Serafini, A.; Lis, M.; Carreras, N.; Boemo, R.L.; Tornero, J. Materials science and engineering C. Biomimetic and supramolecular systems Vol. 33, num. 7, p. 4002-4008 DOI: 10.1016/j.msec.2013.05.034 Data de publicació: 2013-10 Article en revista
The primary advantages of electrospun membranes include the ability to obtain very thin fibers that are on the order of magnitude of several nanometers with a considerable superficial area and the possibility for these membranes to be manipulated and processed for many different applications. The purpose of this study is to evaluate and quantify the transport mechanisms that control the release of drugs from polymer-based sandwich membranes produced using the electrospinning processes.

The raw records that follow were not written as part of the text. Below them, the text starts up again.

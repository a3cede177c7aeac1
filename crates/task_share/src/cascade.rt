//! What the cascade drops.
ghost use Rattle.std.specs.Prelude.{List};
ghost use Rattle.dice_key.specs.Lawful.{IsEquality};
ghost use Rattle.task_share.specs.Asked.{Asked, HasNoCycle, AskersLive, IsDone, Cascade, DropsUnheld};
ghost use Rattle.task_share.specs.Seen.{Share, asked_of};

/// The cascade: called until `None`, `next_unasked` takes out exactly the tasks that have not ended
/// and to which no chain of asks leads from a promise, if the asks of tasks form no cycle and each
/// asking task is in the table and has not ended.
///
/// It does no work: it says what follows from the calls' contracts.
pub fn drops_unheld<K: Eq, T>()
    requires { IsEquality K.eq }
    ensures { (ps : List (K × Share K T)) (ks : List K) (t : Asked K)
        → HasNoCycle (asked_of K.eq ps) → AskersLive (asked_of K.eq ps)
        → Cascade K.eq (asked_of K.eq ps) ks t → IsDone t → DropsUnheld (asked_of K.eq ps) ks t }
{}
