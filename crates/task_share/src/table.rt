//! The table of tasks.
ghost use Rattle.std.specs.Prelude.{◌≡◌, ◌<◌, ◌≤◌, ◌+◌, ◌⊎◌, ◌&&◌, ◌||◌, not, nat_eq, ℕ, [], true, false, Some, None, cond, map, if◌then◌else◌, IsSome, IfSome, IfNone, OnOk, OnErr};
ghost use Rattle.std.specs.Arc.{arc_value};
ghost use Rattle.std.specs.List.{list_any};
ghost use Rattle.std.specs.Map.{lookup};
ghost use Rattle.std.specs.Option.{option_copied, option_copied_mut, option_map};
ghost use Rattle.std.specs.Borrow.{sem};
ghost use Rattle.dice_key.specs.Lawful.{IsEquality};
ghost use Rattle.task_share.specs.Above.{askers_by};
ghost use Rattle.task_share.specs.Asked.{By, Promised, Tasked, is_by, IsDone, Takes};
ghost use Rattle.task_share.specs.Askers.{by_of};
ghost use Rattle.task_share.specs.Lent.{LendsTask, LendsNumbered};
ghost use Rattle.task_share.specs.Seen.{task_at, is_live, asks, waits_at, asked_of, ask_count, live_count, IsMirrored, has_place, promise_room, asker_room, wait_room, KeepsTasks, KeepsAsks, KeepsRoom, KeepsOtherRoom, UsesRoomOf};
ghost use Rattle.task_share.specs.Numbers.{key_at, number_of, keys_of, KeepsNumbers};
ghost use Rattle.lists.specs.Lists.{AreDistinct};

use crate::asker::{Asker, Askers, Wait};
use crate::idle::{pop_idle, withdraw};
use crate::place::{Place, is_running};
use crate::places::{
    add_asker, add_promise, add_wait, drop_wait, end_task, leave_promise, leave_task, pop_asker,
    put_ended, put_task,
};
use crate::room;
use dice_key::{NoMemory, Seed};
use indexmap::IndexMap;
use number_walk::Waits;
use std::alloc::Global;
use std::hash::Hash;
use std::marker::Model;
use std::sync::Arc;

/// The tasks of one epoch, each shared by all who ask for it.
///
/// A key may have a task, which has ended or not, and askers: promises and other tasks. A task
/// waits for the keys that it asks for. Askers are a set: who joins twice has joined once.
///
/// A call takes constant time, however many tasks and askers there are, but for growth; `ended` and
/// `next_unasked` take it for each key that the task waited for, and `next_unasked` for each
/// candidate, which an earlier call made.
pub struct Table<K: Eq + Hash + Drop, T: Drop> {
    places: IndexMap<Arc<K>, Place<K, T>, Seed>,
    candidates: Vec<Arc<K>>,
    alloc: Global,
}

// (One function for all places that drop one: a derived drop is written out at each.)
impl<K: Eq + Hash + Drop, T: Drop> Drop for Table<K, T> {
    fn drop(self) {
        let Table {
            places: _places,
            candidates: _candidates,
            alloc: _,
        } = self;
    }
}

impl<K: Eq + Hash + Drop, T: Drop> Model for Table<K, T> {
    ghost use Rattle.std.specs.Prelude.{List, map, vec_capacity};
    ghost use Rattle.std.specs.Arc.{arc_value};
    ghost use Rattle.dice_key.specs.Lawful.{IsEquality};
    ghost use Rattle.task_share.specs.Seen.{Share};
    ghost use Rattle.task_share.specs.Listed.{shares_of, IsLinked, IsWhole};

    ghost Value = { List (K × Share K T) };

    ghost view = { λ a. shares_of a.places.entries };

    ghost invariant = { λ a. IsEquality K.eq
        × IsWhole K.eq (shares_of a.places.entries) (map arc_value a.candidates.items)
        (vec_capacity a.candidates) × IsLinked K.eq a.places.entries };
}
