//! Workers beside a caller: each on a seat of its own, in a thread of its own.
ghost use Rattle.std.specs.Prelude.{◌≡◌, ◌≤◌, All, IfOk, length};
ghost use Rattle.dice_engine.specs.Seats.{IsSeatOf, spare};
ghost use Rattle.dice_engine.specs.Seating.{GivesSeats, IsPlaceOf};

use crate::engine::Engine;
use crate::gate::Gate;
use crate::promise::Worked;
use crate::seat::{Place, Seat, SeatOf};
use dice_key::{NoMemory, Universe};
use std::alloc::Global;
use std::sync::Wait;
use std::sync::atomic::{AtomicU64, Ordering};
use std::thread::{self, Threads, join};
use std::time::Duration;

/// How long a worker rests after a job, and at first if it finds none, in microseconds.
const REST: u64 = 1000;

/// How often a rest is twice as long as the one before it, at most.
const DOUBLED: u32 = 5;

/// If more turns than so many end in the time of `REST`, jobs are short.
const MANY: u64 = 64;

impl<U: Universe> Engine<U> {
    /// Splits off so many seats for workers. If memory is refused, those that were split off are let
    /// go.
    pub fn split_seats(
        &self,
        alloc: Global,
        seat: &mut Seat<U>,
        count: u64,
    ) -> Result<Vec<Place<U>>, NoMemory>
        requires seat { IsSeatOf self.now seat.old }
        requires spare { count ≤ spare seat.old }
        ensures gives { GivesSeats seat.old seat.new }
        ensures seats { IfOk result (λ v. All (IsPlaceOf self.now) v.items) }
        ensures count { IfOk result (λ v. length v.items ≡ count) }
    {
        let mut seats = Vec::new(alloc);
        for _ in 0..count {
            let SeatOf { place, pass: _pass } = self.split(seat)?;
            seats.push(place)?;
        }
        Ok(seats)
    }

    /// Calls `f` in this thread, with a worker on each of these seats beside it. A worker does jobs
    /// in a thread of its own until `f` has returned. If no thread can be made for a worker, its
    /// jobs are left to the others, and to `wait`.
    pub fn with_workers<R: Threads + Wait + Sync, G: Gate, T, F: FnOnce() -> T>(
        &self,
        rt: &R,
        seats: Vec<Place<U>>,
        gate: &G,
        f: F,
    ) -> T
        requires seats { All (IsPlaceOf self.now) seats.items }
        requires call { F.pre f }
        ensures { F.post f result }
    {
        let done = AtomicU64::new(0);
        let stop = &done;
        beside(
            rt,
            seats,
            &|seats: Vec<Place<U>>| -> bool
                requires { All (IsPlaceOf self.now) seats.items }
            { self.work_all(rt, seats, gate, stop) },
            f,
            stop,
        )
    }

    // Each worker in a thread of its own, if one can be made. It answers whether each was begun.
    fn work_all<R: Threads + Wait + Sync, G: Gate>(
        &self,
        rt: &R,
        seats: Vec<Place<U>>,
        gate: &G,
        stop: &AtomicU64,
    ) -> bool
        requires { All (IsPlaceOf self.now) seats.items }
    {
        thread::map_vec(
            rt,
            seats,
            &|place: Place<U>| -> bool
                requires { IsPlaceOf self.now place }
            { self.work_on(rt, place, gate, stop) },
        )
        .is_ok()
    }

    // A seat of a worker, in its thread. Its pass is made in a turn: what is passed to a thread may
    // not name the jobs of a line, since the engine beside it names the rule of its shelf.
    fn seated<R: Wait>(&self, rt: &R, mut place: Place<U>) -> Seat<U>
        requires { IsPlaceOf self.now place }
        ensures { IsSeatOf self.now result }
    {
        let mut turn = self.stile.enter(rt, &mut place);
        let state = turn.state();
        let pass = state.pass();
        self.stile.leave(turn);
        SeatOf { place, pass }
    }

    // Does jobs until it is stopped, which it answers. After each job it rests a little, and for
    // longer while it finds none, or while many turns end as it rests: then jobs are short, and a
    // turn of a worker costs more than it saves. If the engine is taken, it rests first. So the
    // turns are left to the caller: most jobs are short.
    fn work_on<R: Wait, G: Gate>(&self, rt: &R, place: Place<U>, gate: &G, stop: &AtomicU64) -> bool
        requires { IsPlaceOf self.now place }
    {
        let mut seat = self.seated(rt, place);
        let worker = (seat.number() % 4_294_967_296) as u32;
        let mut tries = 0u32;
        for _ in rt.forever() {
            if stop.load(Ordering::Acquire) != 0 {
                return true;
            }
            let found = !self.is_taken()
                && matches!(self.work(rt, &mut seat, gate, worker), Worked::Did);
            let are_long = self.rest(rt, stop, tries);
            tries = if found && are_long {
                0
            } else {
                tries.saturating_add(1)
            };
        }
        unreachable!()
    }

    // Sleeps for a while, the longer the more tries were for nothing, but not on after the stop. It
    // answers whether few turns ended meanwhile, as if jobs are long.
    fn rest<R: Wait>(&self, rt: &R, stop: &AtomicU64, tries: u32) -> bool {
        let doubled = tries.min(DOUBLED);
        let before = self.stile.turns();
        stop.park_timeout(rt, 0, Duration::from_micros(REST << doubled));
        self.stile.turns().wrapping_sub(before) <= MANY << doubled
    }
}

/// Calls `f` in this thread, and `work` on what is given in another one, which is told to stop when
/// `f` has returned. It names no engine: what is passed to a thread may not name the rule of its
/// shelf.
fn beside<R: Threads + Wait + Sync, S: Send + Drop, W: Fn(S) -> bool + Sync, T, F: FnOnce() -> T>(
    rt: &R,
    given: S,
    work: &W,
    f: F,
    stop: &AtomicU64,
) -> T
    requires work { W.pre work.now given }
    requires call { F.pre f }
    ensures { F.post f result }
{
    let (_, result) = join(
        rt,
        move || -> bool
            requires { W.pre work.now given }
        { work(given) },
        move || -> T
            requires { F.pre f }
            ensures { F.post f result }
        {
            let result = f();
            stop.store(1, Ordering::Release);
            stop.wake_all();
            result
        },
    );
    result
}
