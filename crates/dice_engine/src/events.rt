//! The events of a journal, copied out of it.
ghost use Rattle.std.specs.Prelude.{◌≡◌, IfOk};
ghost use Rattle.dice_model.specs.Log.{pair_of, pairs_of};
ghost use Rattle.journal.specs.Tell.{told, reason_of};
ghost use Rattle.dice_engine.specs.Lines.{AreEventsFrom};

use dice_key::{NoMemory, Universe};
use journal::{Cause, Changes, Event, Journal};
use std::alloc::Global;
use std::sync::Arc;

/// The events of a journal from this index on, in order. Keys and values are shared, not copied.
pub(crate) fn events_since<U: Universe>(
    alloc: Global,
    journal: &Journal<U>,
    start: usize,
) -> Result<Vec<Event<U::Key, U::Value>>, NoMemory>
    ensures { IfOk result (λ es. AreEventsFrom start journal.now.events es.items) }
{
    let count = journal.len();
    let mut events = Vec::new(alloc);
    for index in start..count {
        events.push(shared_event(alloc, journal.event(index))?)?;
    }
    Ok(events)
}

/// The event once more, with its keys and values shared.
fn shared_event<K: Drop, V: Drop>(
    alloc: Global,
    event: &Event<K, V>,
) -> Result<Event<K, V>, NoMemory>
    ensures { IfOk result (λ e. told e ≡ told event.now) }
{
    Ok(match event {
        Event::Commit(by, changes) => Event::Commit(*by, shared_changes(alloc, changes)?),
        Event::Open(by, version) => Event::Open(*by, *version),
        Event::Close(by, opened) => Event::Close(*by, *opened),
        Event::Ask(by, opened, key) => Event::Ask(*by, *opened, Arc::try_clone(key)?),
        Event::Leave(by, ask) => Event::Leave(*by, *ask),
        Event::Start(version, key, cause) => {
            Event::Start(*version, Arc::try_clone(key)?, shared_cause(cause)?)
        }
        Event::Keep(version, key, base) => Event::Keep(*version, Arc::try_clone(key)?, *base),
        Event::End(version, key) => Event::End(*version, Arc::try_clone(key)?),
        Event::Cyclic(version, key) => Event::Cyclic(*version, Arc::try_clone(key)?),
        Event::Drop(version, key) => Event::Drop(*version, Arc::try_clone(key)?),
        Event::Lost(version, key) => Event::Lost(*version, Arc::try_clone(key)?),
    })
}

/// The cause once more.
fn shared_cause<K: Drop>(cause: &Cause<K>) -> Result<Cause<K>, NoMemory>
    ensures { IfOk result (λ c. reason_of c ≡ reason_of cause.now) }
{
    Ok(match cause {
        Cause::New => Cause::New,
        Cause::Transient(base) => Cause::Transient(*base),
        Cause::Differs(base, key) => Cause::Differs(*base, Arc::try_clone(key)?),
    })
}

/// The changes once more, with their keys and values shared.
fn shared_changes<K: Drop, V: Drop>(
    alloc: Global,
    changes: &Changes<K, V>,
) -> Result<Changes<K, V>, NoMemory>
    ensures { IfOk result (λ c. c ≡ changes.now) }
{
    Ok(Changes::from_pairs(shared_pairs(alloc, changes)?))
}

/// The pairs of changes once more, with their keys and values shared.
pub(crate) fn shared_pairs<K: Drop, V: Drop>(
    alloc: Global,
    changes: &Changes<K, V>,
) -> Result<Vec<(Arc<K>, Arc<V>)>, NoMemory>
    ensures { IfOk result (λ v. pairs_of v.items ≡ changes.now) }
{
    let all = changes.pairs();
    let mut pairs = Vec::with_capacity(alloc, all.len())?;
    for pair in all {
        pairs.push(shared_pair(pair)?)?;
    }
    Ok(pairs)
}

/// The pair once more, with its key and value shared.
fn shared_pair<K: Drop, V: Drop>(pair: &(Arc<K>, Arc<V>)) -> Result<(Arc<K>, Arc<V>), NoMemory>
    ensures { IfOk result (λ p. pair_of p ≡ pair_of pair.now) }
{
    let (key, value) = pair;
    Ok((Arc::try_clone(key)?, Arc::try_clone(value)?))
}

These electrospun membranes were composed of poly(lactic acid) (PLA) because it is one of the most promising biodegradable polymers due to its mechanical properties, thermoplastic processability and biological properties, such as its biocompatibility and biodegradability. The transport mechanism that controls the drug delivery was evaluated via the release kinetics of a bioactive agent in physiological serum, which was used as a corporal fluid simulation. To describe the delivery process, mathematical models, such as the Power Law, the classical Higuchi equation and an approach to Fick's Second Law were used. Using the applied mathematical models, it is possible to conclude that control over the release of the drug is significantly dependent on the thickness of the membrane rather than the concentration of the drug.